In my fifth semester I attended the Game Physics lecture, which teaches the basics of physics simulations such as mass-spring systems, rigidbodies and SPH. In this lecture there was an optional exercise part, that allowed us to implement some of those simulations ourselves. Because the course was very interesting and implementing the simulations from the lecture helps understanding the concepts, a few colleagues of mine and I took on the challenge.

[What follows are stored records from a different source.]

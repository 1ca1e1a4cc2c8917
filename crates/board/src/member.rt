//! A member: its keys, and the client that writes its log and follows all.
ghost use Rattle.std.specs.Prelude.{◌≡◌, IfOk};
ghost use Rattle.std.specs.Prelude.{◌+◌, OnOk};
ghost use Rattle.std.specs.List.{range_with_len};
ghost use Rattle.tk_client.specs.Reader.{got_in};
ghost use Rattle.tk_client.specs.Writing.{after_write, with_text};

use crate::fault::Fault;
use std::alloc::Global;
use std::marker::Model;
use tk_client::{Client, Got};
use tk_frames::WriteFrame;
use tk_handle::Handle;
use tk_replica::Epoch;
use tk_shape::{Bytes, Shape};
use tk_words::{Draws, KeyedDraws};

/// The root of all handles here. Real ones are drawn, and kept.
const ROOT: [u8; 32] = [7; 32];

/// A member whose log has its number.
#[derive(Drop)]
pub struct Member {
    draws: KeyedDraws,
    client: Client,
    /// In how many turns it wrote, and how many texts it said.
    written: u32,
    said: u32,
    /// Whether a read is open.
    is_open: bool,
}

impl Model for Member {
    ghost use Rattle.std.specs.Prelude.{◌≡◌};
    ghost use Rattle.board.specs.Members.{MemberView, IsMember};

    ghost Value = { MemberView };

    ghost view = { λ m. record { client = m.client; written = m.written } };

    ghost invariant = { λ m. (⟦<KeyedDraws as Draws>⟧.shape m.draws ≡ m.client.shape)
        × IsMember m.client m.written m.said m.is_open };
}

impl Member {
    /// A member of this number, which follows all logs.
    #[tactic(auto, using(crate::proofs::MemberLaws::new_member, crate::proofs::MemberLaws::all_ascend, crate::proofs::MemberLaws::all_below))]
    pub fn open(alloc: Global, shape: &Shape, number: u32) -> Result<Member, Fault> {
        if number >= shape.clients || number >= shape.logs {
            return Err(Fault::OtherShape);
        }
        let logs = all_logs(alloc, shape)?;
        let client = Client::open(alloc, shape, number, &[number], logs.as_slice())?;
        Ok(Member {
            draws: keyed_draws(alloc, shape)?,
            client,
            written: 0,
            said: 0,
            is_open: false,
        })
    }

    pub fn number(&self) -> u32
        ensures { result ≡ self.now.client.number }
    {
        self.client.number()
    }

    /// Says a text, which is written in the next turn.
    #[tactic(auto, using(crate::proofs::MemberLaws::said_member))]
    pub fn say(&mut self, alloc: Global, text: &[u8]) -> Result<(), Fault>
        ensures said { let s = self.old.client in
            OnOk result (self.new.client ≡ record s { writing = with_text s.number text.now s.writing }) }
    {
        if self.said == self.client.shape().turns() {
            return Err(Fault::Over);
        }
        let log = self.client.number();
        self.client.say(alloc, log, text)?;
        self.said += 1;
        Ok(())
    }

    /// What it writes in its next turn: a text, or a dummy of the same size.
    pub fn write(&mut self, alloc: Global) -> Result<WriteFrame, Fault>
        ensures written { OnOk result (self.new.written ≡ self.old.written + 1) }
        ensures client { let s = self.old.client in
            OnOk result (self.new.client ≡ record s { writing = after_write s.writing }) }
    {
        if self.written == self.client.shape().turns() {
            return Err(Fault::Over);
        }
        let write = self.client.write(alloc, &self.draws, self.written)?;
        self.written += 1;
        Ok(write)
    }

    #[tactic(auto, using(crate::proofs::MemberLaws::asked_member))]
    /// The frames of its read in the turn in which it wrote last, one for each server.
    pub fn ask(&mut self, alloc: Global, epoch: &Epoch) -> Result<Vec<Bytes>, Fault> {
        if self.is_open || self.written == 0 {
            return Err(Fault::Unasked);
        }
        if epoch.number() > self.client.shape().phases {
            return Err(Fault::OtherShape);
        }
        let (turn, number) = (self.written - 1, epoch.number());
        let mut frames = Vec::new(alloc);
        self.client.read_frames(
            alloc,
            &self.draws,
            turn,
            number,
            epoch.filter(),
            &mut frames,
        )?;
        self.is_open = true;
        Ok(frames)
    }

    #[tactic(auto, using(crate::proofs::MemberLaws::taken_member))]
    /// Takes the replies to the frames that it asked last, one of each server.
    pub fn take(&mut self, alloc: Global, replies: &[Bytes]) -> Result<(), Fault> {
        if !self.is_open {
            return Err(Fault::Unasked);
        }
        if replies.len() != self.client.shape().servers as usize {
            return Err(Fault::OtherShape);
        }
        self.client.take_replies(alloc, &self.draws, replies)?;
        self.is_open = false;
        Ok(())
    }

    /// What it read on a log.
    pub fn log(&self, log: u32) -> &[Got]
        ensures { result.now ≡ got_in self.now.client.reader.follows log }
    {
        self.client.log(log)
    }
}

/// The numbers of all logs.
#[tactic(auto, using(crate::proofs::MemberLaws::numbers_next))]
fn all_logs(alloc: Global, shape: &Shape) -> Result<Vec<u32>, Fault>
    ensures { IfOk result (λ logs. logs.items ≡ range_with_len 0 shape.now.logs) }
{
    let mut logs = Vec::new(alloc);
    for log in 0..shape.logs {
        logs.push(log)?;
    }
    Ok(logs)
}

/// The words of keys that anyone can read here, so for trials alone: a handle for each log, and a
/// seed for each client.
fn keyed_draws(alloc: Global, shape: &Shape) -> Result<KeyedDraws, Fault>
    ensures { IfOk result (λ draws. ⟦<KeyedDraws as Draws>⟧.shape draws ≡ shape.now) }
{
    let mut handles = Vec::new(alloc);
    for log in 0..shape.logs {
        handles.push(Handle::from_root(u64::from(log), &ROOT))?;
    }
    let mut seeds = Vec::new(alloc);
    for client in 0..shape.clients {
        seeds.push([client as u8; 32])?;
    }
    Ok(KeyedDraws::new(shape, handles, seeds))
}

The team consisted of three members and the workload was split up for each simulation:
|James Li||Algorithms & Performance Measuring|
|Mengdi Wang||Algorithms & Testing|
|Alexander Epple||Algorithms (Lead), Rendering, SPH Simulation|
Mass Spring System
The first task was to create a mass spring system. These are commonly used for simulations such as cloth and hair, so we simulated a simple system where mass points in a grid were randomly fixed. This produced a very interesting simulation, you can see it in action below. It is possible to drag the mouse to interact with it, springs are also color-coded and show the spring force in a nice way.
Rigidbody (& collision)
The second simulation was about rigidbody force and collision, which is used for pretty much every solid object in physics engines. This simulation was overall the thoughest exercise, since there are a lot of calculations that have to be done in exactly the right order. We got this exercise to work just hours before the deadline and it certainly is not completely correct. The collision detection is somewhat incorrect and the collision response often a bit extreme. This could be tweaked with more damping, but there was no time to improve it further. The results here are not as pretty to look at, but you can still take a look below.
Performant Collision Detection
The goal in this exercise was to build a performant collision detection algorithm for simple spheres. There are many ways to do this, but finding a good approach is crucial to a performant physics engine. We implemented a naive approach, a grid-based one and tried our luck at K/D trees. It was really interesting to see how much of a difference acceleration structures can make. In our tests the difference was up to 100x for large scenes, while the simulation remained stable and looked the same. You can also see the simulations and the test results below.
Smoothe-Particle Hydrodynamics (SPH)
SPH simulations are commonly used for liquids and gases, but other things can be simulated with it as well. This last exercise was an extension to the previous one, the goal was to implement a functioning SPH system based on the acceleration structures we had already implemented beforehand. For this exercise I implemented a custom and improved system which can be found on the branch SPH_New. This is a more accurate and stable implementation and closer to what would be used in real applications. Below is a video of this system in action.
The exercises where overall very interesting and gave me a good understanding for the algorithms and problems in physics simulations. The results for each task where almost all good and it was a good C++ finger practice. There are certainly some things that could be improved upon, such as fixing the rigidbody simulation, implementing K/D trees properly and using spacial hashing for the SPH system, but time constraints prevented us from doing so.
The project is available on GitHub and works with VS 2019, although there might be some tweaks needed for it to run on specific setups.